How to divide a collection into subgroups in functional programming way?

I'm so confused that how to divide a collection into subgroups in a functional programming manner since this operation depends on other elements in the same collection.

One of these problem is to divide a video clip into several GOP groups.

A video clip can be viewed as a list with different types of frames in it, eg. [IPBBBPBBBIPBIPBPBP], and I, P, B is type of the frame.

A GOP is a sub clip that start with an I frame (though in real world it must be an IDR frame, I simplify the question here a little bit)

So the problem is how to achieve this in a FP way: [IPBBBPBBBIPBIPBPBP] -> [[IPBBBPBBB],[IPB],[IPBPBP]] ?

I have read some FP books and I am so confused how can I use just map, filter and reduce to achieve this.

In Imperative Programming language such as Python I could easily write something like this:

gops = []
for frame in video:
    if is_i_frame(frame) is True:
        gops.append([frame])
    else:
        gops[:-1].append(frame)

But in Functional Programming world I can't figure out how to do this or how to represent this problem in Lambda Calculus expression.

So I hope someone can show me how to do this in a FP way. Is it possible to do such FP operation in Python ? And how will the Lambda Calculus expression looks like ?

Solution

Using a combinations of itertools and functools you can get to a fully functional solution. (Though, way longer, and, in my opinion less readable, than the pythonic version you mentioned in your question.)

To break down the steps I am using, first, I am creating an index for which sub-video, each frame belongs to:

import itertools as it
import functools as ft

list(it.accumulate(video, lambda total, frame: total + (frame=="I"), initial=0))
>>> [0, 1, 1, 1, 1, 1, 1, 1, 1, 1, 2, 2, 2, 3, 3, 3, 3, 3, 3]

Them, I have to remove the extra 0 at the start, so I use itertools.islice:

list(it.islice(
    it.accumulate(video, lambda total, frame: total + (frame=="I"), initial=0), 1, None
))
>>> [1, 1, 1, 1, 1, 1, 1, 1, 1, 2, 2, 2, 3, 3, 3, 3, 3, 3]
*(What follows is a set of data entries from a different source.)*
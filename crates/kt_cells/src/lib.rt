//! Cells and lists of cells as the log, the pool and the files spell them: read in place or as copies, and written behind
//! other bytes.
//!
//! For the layers above: the one spelling of a list of cells, by its definitions in `specs/`, and `CellsRef`, which reads
//! it where it lies. It stands on kt_bytes and kt_base.
#![tactic(auto)]

mod cells_ref;
pub mod fields;
pub mod laws;
pub mod lists;
mod tail;
pub mod writing;

pub use cells_ref::CellsRef;
pub use tail::Tail;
Then, I will zip the sublist index, with the original video array:

zip(
    it.islice(
        it.accumulate(video, lambda total, frame: total + (frame=="I"), initial=0), 1, None
    ),
    video
),

Now, the meat of the operation: I will use itertools.groupby, to group the elements of video by the index we just computed:

it.groupby(
    zip(
        it.islice(
            it.accumulate(video, lambda total, frame: total + (frame=="I"), initial=0), 1, None
        ),
        video
    ),
    key=lambda x: x[0]
)

The group by will return an object that looks like [[(1,I), (1,P),...], [(2,I),...], ...], so we want to reduce that to proper strings, so we can use functools.reduce, and map it over all the groups:

list(map(
    lambda k_g: ft.reduce(lambda total, x: total+x[1], k_g[1], ""),
    it.groupby(
        zip(
            it.islice(
                it.accumulate(video, lambda total, frame: total + (frame=="I"), initial=0), 1, None
            ),
            video
        ),
        key=lambda x: x[0]
    )
))
>>> ['IPBBBPBBB', 'IPB', 'IPBPBP']

Notice that, I used (frame=="I"), but you can very well replace this with more advanced logic is_i_frame for instance, as long as it returns a boolean.